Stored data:
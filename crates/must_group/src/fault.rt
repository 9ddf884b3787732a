//! Why a name isn't made.

ghost use Rattle.std.specs.Prelude.{◌≡◌};
ghost use Rattle.must_group.specs.declared.fault.NameFault.TheVariants.{NoMemory as OutOfMemory};

use must_base::NoMemory;

/// Why the name of a new communicator isn't made.
#[derive(Clone, Copy, Debug, PartialEq, Eq)]
pub enum NameFault {
    /// The path of its parent has 32 steps already.
    TooDeep,
    /// There was no memory.
    NoMemory,
}

impl From<NoMemory> for NameFault {
    ghost from_gives = { λ _ e. e ≡ OutOfMemory };

    fn from(_e: NoMemory) -> NameFault {
        NameFault::NoMemory
    }
}
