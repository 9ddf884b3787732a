//! Calls, and what they begin. What is expected comes from the documents (docs/MESSAGES.md), not from the program.

ghost use Rattle.std.specs.Prelude.{◌≡◌, ◌==◌, ◌&&◌, length, nat_lt, IfOk};
ghost use Rattle.must_rules.specs.Clear.{is_clear};
ghost use Rattle.must_rules.specs.UsableParts.{usable_parts};

use crate::{Named, Requests, own_contradiction, own_part, waits_for_wave};
use must_args::{Usable, View, check_args};
use must_base::NoMemory;
use must_call::{
    Body, Call, Class, Collective, Finish, HandleList, Life, PROC_NULL, Persist, Place, Point,
    Status3,
};
use must_derived::Datatypes;
use must_find::Findings;
use must_group::{CommName, Group};
use must_messages::{Begun, Deed, Mode};
use std::alloc::Global;
use std::process::Abort;
use std::test::Fail;

const INT: u32 = 7;

/// A datatype that was made of an unsound one.
const UNSOUND: u32 = 64;

/// The first handle that is made.
const FIRST: u32 = 64;

/// What rank 0 of a world of two knows: numbers below 64 are predefined, those from 64 to below `next` were made, and one of these may
/// be freed. Predefined types are sound, and no request is active.
#[derive(Drop)]
struct Known {
    world: Group,
    next: u32,
    freed: u32,
}

impl Known {
    fn has_comm(&self, number: u32) -> bool
        ensures { result ≡ (number == 1 && nat_lt (length self.now.world) 4294967296) }
    {
        number == 1 && self.world.ranks().len() < 4294967296
    }
}

impl View for Known {
    ghost use Rattle.std.specs.Prelude.{◌==◌, ◌&&◌, nat_lt, length, pos, true, Some, None, if◌then◌else◌};
    ghost use Rattle.must_call.specs.declared.life.Life.TheVariants.{Never, Live, Freed, Predefined};

    ghost facts = { λ k. record {
      tag_ub = pos 32767;
      life = λ class n. if n == 0 then Never else if nat_lt n 64 then Predefined else if n == k.freed then Freed 0 1 else if nat_lt n k.next then Live 0 else Never;
      committed = λ n. true;
      comm = λ n. if n == 1 && nat_lt (length k.world) 4294967296 then Some (record { members = k.world; position = 0 }) else None;
      group = λ n. None;
    } };

    ghost sound = { λ k n. nat_lt n 64 };

    ghost starts = { λ k n. None };

    fn life(&self, _class: Class, number: u32) -> Life {
        if number == 0 {
            Life::Never
        } else if number < 64 {
            Life::Predefined
        } else if number == self.freed {
            Life::Freed { made: 0, freed: 1 }
        } else if number < self.next {
            Life::Live { made: 0 }
        } else {
            Life::Never
        }
    }

    fn committed(&self, _number: u32) -> bool {
        true
    }

    fn comm_size(&self, number: u32) -> Option<u32> {
        if self.has_comm(number) {
            Some(self.world.ranks().len() as u32)
        } else {
            None
        }
    }

    fn own_rank(&self, number: u32) -> Option<u32> {
        if self.has_comm(number) { Some(0) } else { None }
    }

    fn group(&self, _number: u32) -> Option<&Group> {
        None
    }

    fn comm_group(&self, number: u32) -> Option<&Group> {
        if self.has_comm(number) {
            Some(&self.world)
        } else {
            None
        }
    }

    fn sound_type(&self, number: u32) -> bool {
        number < 64
    }

    fn tag_ub(&self) -> i32 {
        32767
    }

    fn start_of(&self, _number: u32) -> Option<u32> {
        None
    }
}

fn of_two(alloc: Global) -> Result<Group, NoMemory> {
    let group = Group::of(alloc, &[0, 1])?;
    Ok(group)
}

fn world(alloc: Global, next: u32, freed: u32) -> Result<Known, NoMemory> {
    let world = of_two(alloc)?;
    Ok(Known { world, next, freed })
}

fn name(alloc: Global) -> Result<CommName, NoMemory> {
    CommName::start(alloc, 0, of_two(alloc)?)
}

/// An operation in short: its part, its request, what it does, the other end and the tag.
type Short = (u32, Option<u32>, Deed, i32, i32);

fn short(begun: &Begun) -> Short {
    let asked = &begun.asked;
    (begun.part, begun.request, asked.deed, asked.peer, asked.tag)
}

const SEND: Deed = Deed::Send {
    mode: Mode::Standard,
};

/// What the argument rules leave of a call.
fn usable_at<V: View>(
    rt: &impl Abort,
    alloc: Global,
    view: &V,
    call: &Call,
) -> Result<Usable, NoMemory>
    ensures clear { IfOk result (λ usable. usable.clear ≡ is_clear (V.facts view.now) call.now.body) }
    ensures parts { IfOk result (λ usable. usable.parts ≡ usable_parts (V.facts view.now) (V.sound view.now) call.now.body) }
{
    assert!(rt; call.handle(u32::MAX).is_none());
    let mut rows = Findings::new(alloc);
    let at = Place { rank: 0, call: 1 };
    let usable = check_args(alloc, view, at, call, &mut rows)?;
    Ok(usable)
}

/// The operations that a call on the world begins.
fn begin<V: View>(
    rt: &impl Abort,
    alloc: Global,
    requests: &Requests,
    view: &V,
    call: &Call,
) -> Result<Vec<Begun>, NoMemory> {
    let types = Datatypes::new(alloc, 1 << 26)?;
    let usable = usable_at(rt, alloc, view, call)?;
    let name = name(alloc)?;
    let on = Named {
        comm: 1,
        name: &name,
    };
    let at = Place { rank: 0, call: 1 };
    requests.begins(alloc, view, &types, Some(on), at, call, &usable)
}

/// Takes a call on the world.
fn take<V: View>(
    rt: &impl Abort,
    alloc: Global,
    requests: &mut Requests,
    view: &V,
    call: &Call,
) -> Result<(), NoMemory> {
    let types = Datatypes::new(alloc, 1 << 26)?;
    let usable = usable_at(rt, alloc, view, call)?;
    let name = name(alloc)?;
    let on = Named {
        comm: 1,
        name: &name,
    };
    requests.take(alloc, view, &types, Some(on), call, &usable)
}

/// What the status in the record of a call on the world contradicts.
fn contradicts<V: View>(
    rt: &impl Abort,
    alloc: Global,
    view: &V,
    call: &Call,
) -> Result<Option<i32>, NoMemory> {
    let types = Datatypes::new(alloc, 1 << 26)?;
    let usable = usable_at(rt, alloc, view, call)?;
    let name = name(alloc)?;
    let on = Named {
        comm: 1,
        name: &name,
    };
    own_contradiction(alloc, view, &types, Some(on), call, &usable)
}

/// Whether a call on the world waits for its wave.
fn waits<V: View>(rt: &impl Abort, alloc: Global, view: &V, call: &Call) -> Result<bool, NoMemory> {
    let types = Datatypes::new(alloc, 1 << 26)?;
    let usable = usable_at(rt, alloc, view, call)?;
    Ok(waits_for_wave(view, &types, call, usable.clear))
}

/// These operations are begun.
fn expect(rt: &impl Abort, begun: &[Begun], wanted: &[Short]) -> Result<(), Fail> {
    assert_eq!(rt; begun.len(), wanted.len());
    for (i, one) in begun.iter().enumerate() {
        assert_eq!(rt; Some(short(one)), wanted.get(i).copied(), "operation {i}");
    }
    Ok(())
}

/// A call that begins these operations.
fn expect_call(rt: &impl Abort, alloc: Global, call: &Call, wanted: &[Short]) -> Result<(), Fail> {
    let view = world(alloc, FIRST, 0)?;
    let requests = Requests::new(alloc);
    let begun = begin(rt, alloc, &requests, &view, call)?;
    expect(rt, begun.as_slice(), wanted)
}

fn returned(body: Body) -> Call {
    Call {
        returned: true,
        body,
    }
}

fn isend(dest: i32) -> Call {
    returned(Body::Point(Point::Isend {
        buf: 4096,
        count: 2,
        dtype: INT,
        dest,
        tag: 5,
        comm: 1,
        request: Some(FIRST),
    }))
}

fn irecv(returned: bool) -> Call {
    Call {
        returned,
        body: Body::Point(Point::Irecv {
            buf: 4096,
            count: 2,
            dtype: INT,
            source: 1,
            tag: 5,
            comm: 1,
            request: if returned { Some(FIRST) } else { None },
        }),
    }
}

fn recv(status: Status3) -> Call {
    returned(Body::Point(Point::Recv {
        buf: 4096,
        count: 2,
        dtype: INT,
        source: 1,
        tag: 5,
        comm: 1,
        status: Some(status),
    }))
}

fn exchange(status: Status3) -> Call {
    returned(Body::Point(Point::Sendrecv {
        sbuf: 4096,
        scount: 2,
        stype: INT,
        dest: 1,
        stag: 5,
        rbuf: 8192,
        rcount: 2,
        rtype: INT,
        source: 1,
        rtag: 6,
        comm: 1,
        status: Some(status),
    }))
}

fn send_init(request: u32) -> Call {
    returned(Body::Persist(Persist::SendInit {
        buf: 4096,
        count: 2,
        dtype: INT,
        dest: 1,
        tag: 5,
        comm: 1,
        request: Some(request),
    }))
}

fn bcast(dtype: u32) -> Call {
    returned(Body::Collective(Collective::Bcast {
        buf: 4096,
        count: 2,
        dtype,
        root: 0,
        comm: 1,
    }))
}

const DONE: Status3 = Status3 {
    source: 1,
    tag: 5,
    cancelled: false,
};

#[test]
fn synchronous_send(rt: HostRuntime) -> Result<(), Fail> {
    let alloc = rt.alloc();
    let call = returned(Body::Point(Point::Ssend {
        buf: 4096,
        count: 2,
        dtype: INT,
        dest: 1,
        tag: 5,
        comm: 1,
    }));
    let deed = Deed::Send {
        mode: Mode::Synchronous,
    };
    expect_call(&rt, alloc, &call, &[(0, None, deed, 1, 5)])
}

#[test]
fn both_sides_of_an_exchange(rt: HostRuntime) -> Result<(), Fail> {
    let alloc = rt.alloc();
    let wanted = [(0, None, SEND, 1, 5), (1, None, Deed::Receive, 1, 6)];
    expect_call(&rt, alloc, &exchange(DONE), &wanted)
}

#[test]
fn receive_with_its_request(rt: HostRuntime) -> Result<(), Fail> {
    let alloc = rt.alloc();
    expect_call(
        &rt,
        alloc,
        &irecv(true),
        &[(0, Some(FIRST), Deed::Receive, 1, 5)],
    )
}

#[test]
fn receive_that_never_returned(rt: HostRuntime) -> Result<(), Fail> {
    let alloc = rt.alloc();
    expect_call(&rt, alloc, &irecv(false), &[(0, None, Deed::Receive, 1, 5)])
}

#[test]
fn send_to_nobody(rt: HostRuntime) -> Result<(), Fail> {
    let alloc = rt.alloc();
    expect_call(&rt, alloc, &isend(PROC_NULL), &[])
}

#[test]
fn probe(rt: HostRuntime) -> Result<(), Fail> {
    let alloc = rt.alloc();
    let call = returned(Body::Point(Point::Probe {
        source: 1,
        tag: 5,
        comm: 1,
        status: Some(DONE),
    }));
    expect_call(&rt, alloc, &call, &[(0, None, Deed::Probe, 1, 5)])
}

/// The requests 64 and 65 are made, and 64 is freed where `free` says so. Then a call starts these.
fn start(
    rt: &impl Abort,
    alloc: Global,
    free: bool,
    started: Vec<u32>,
    wanted: &[Short],
) -> Result<(), Fail> {
    let mut requests = Requests::new(alloc);
    take(
        rt,
        alloc,
        &mut requests,
        &world(alloc, 64, 0)?,
        &send_init(64),
    )?;
    take(
        rt,
        alloc,
        &mut requests,
        &world(alloc, 65, 0)?,
        &send_init(65),
    )?;
    if free {
        let call = returned(Body::Finish(Finish::RequestFree { request: 64 }));
        take(rt, alloc, &mut requests, &world(alloc, 66, 0)?, &call)?;
    }
    let view = world(alloc, 66, if free { 64 } else { 0 })?;
    let call = returned(Body::Persist(Persist::Startall {
        requests: HandleList::from_vec(started),
    }));
    let begun = begin(rt, alloc, &requests, &view, &call)?;
    expect(rt, begun.as_slice(), wanted)
}

#[test]
fn start_of_two(rt: HostRuntime) -> Result<(), Fail> {
    let alloc = rt.alloc();
    let wanted = [(0, Some(65), SEND, 1, 5), (1, Some(64), SEND, 1, 5)];
    start(&rt, alloc, false, vec![in alloc; 65, 64]?, &wanted)
}

#[test]
fn start_of_a_freed_request(rt: HostRuntime) -> Result<(), Fail> {
    let alloc = rt.alloc();
    start(&rt, alloc, true, vec![in alloc; 65, 64]?, &[])
}

#[test]
fn start_of_a_repeated_request(rt: HostRuntime) -> Result<(), Fail> {
    let alloc = rt.alloc();
    let wanted = [(0, Some(65), SEND, 1, 5)];
    start(&rt, alloc, true, vec![in alloc; 65, 65]?, &wanted)
}

/// The status in the record of a call contradicts this.
fn expect_contradiction(
    rt: &impl Abort,
    alloc: Global,
    call: &Call,
    wanted: Option<i32>,
) -> Result<(), Fail> {
    let view = world(alloc, FIRST, 0)?;
    assert_eq!(rt; contradicts(rt, alloc, &view, call)?, wanted);
    Ok(())
}

fn iprobe() -> Call {
    returned(Body::Point(Point::Iprobe {
        source: 1,
        tag: 6,
        comm: 1,
        status: Some(Some(DONE)),
    }))
}

#[test]
fn probe_that_found_another_tag(rt: HostRuntime) -> Result<(), Fail> {
    let alloc = rt.alloc();
    expect_contradiction(&rt, alloc, &iprobe(), Some(2))
}

#[test]
fn probe_that_goes_on(rt: HostRuntime) -> Result<(), Fail> {
    let alloc = rt.alloc();
    expect_call(&rt, alloc, &iprobe(), &[])
}

#[test]
fn receive_that_nobody_cancelled(rt: HostRuntime) -> Result<(), Fail> {
    let alloc = rt.alloc();
    let cancelled = Status3 {
        source: 1,
        tag: 5,
        cancelled: true,
    };
    expect_contradiction(&rt, alloc, &recv(cancelled), Some(3))
}

#[test]
fn receive_of_what_it_named(rt: HostRuntime) -> Result<(), Fail> {
    let alloc = rt.alloc();
    expect_contradiction(&rt, alloc, &recv(DONE), None)
}

#[test]
fn part_of_a_contradiction(rt: HostRuntime) -> Result<(), Fail> {
    assert_eq!(&rt; own_part(&exchange(DONE)), 1);
    Ok(())
}

fn expect_wait(rt: &impl Abort, alloc: Global, dtype: u32, wanted: bool) -> Result<(), Fail> {
    let view = world(alloc, 65, 0)?;
    assert_eq!(rt; waits(rt, alloc, &view, &bcast(dtype))?, wanted);
    Ok(())
}

#[test]
fn broadcast_that_waits(rt: HostRuntime) -> Result<(), Fail> {
    let alloc = rt.alloc();
    expect_wait(&rt, alloc, INT, true)
}

#[test]
fn broadcast_of_an_unsound_type(rt: HostRuntime) -> Result<(), Fail> {
    let alloc = rt.alloc();
    expect_wait(&rt, alloc, UNSOUND, false)
}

=== EXERCISE REQUIREMENTS ===
Retype the records above exactly, from their first line through the line that contains "#[derive(Clone, Copy, Debug, PartialEq, Eq)]", and stop there.

=== SOLUTION BELOW ===
filename crates/must_group/src/fault.rt
repository 9ddf884b3787732a
//! Why a name isn't made.

ghost use Rattle.std.specs.Prelude.{◌≡◌};
ghost use Rattle.must_group.specs.declared.fault.NameFault.TheVariants.{NoMemory as OutOfMemory};

use must_base::NoMemory;

/// Why the name of a new communicator isn't made.
#[derive(Clone, Copy, Debug, PartialEq, Eq)]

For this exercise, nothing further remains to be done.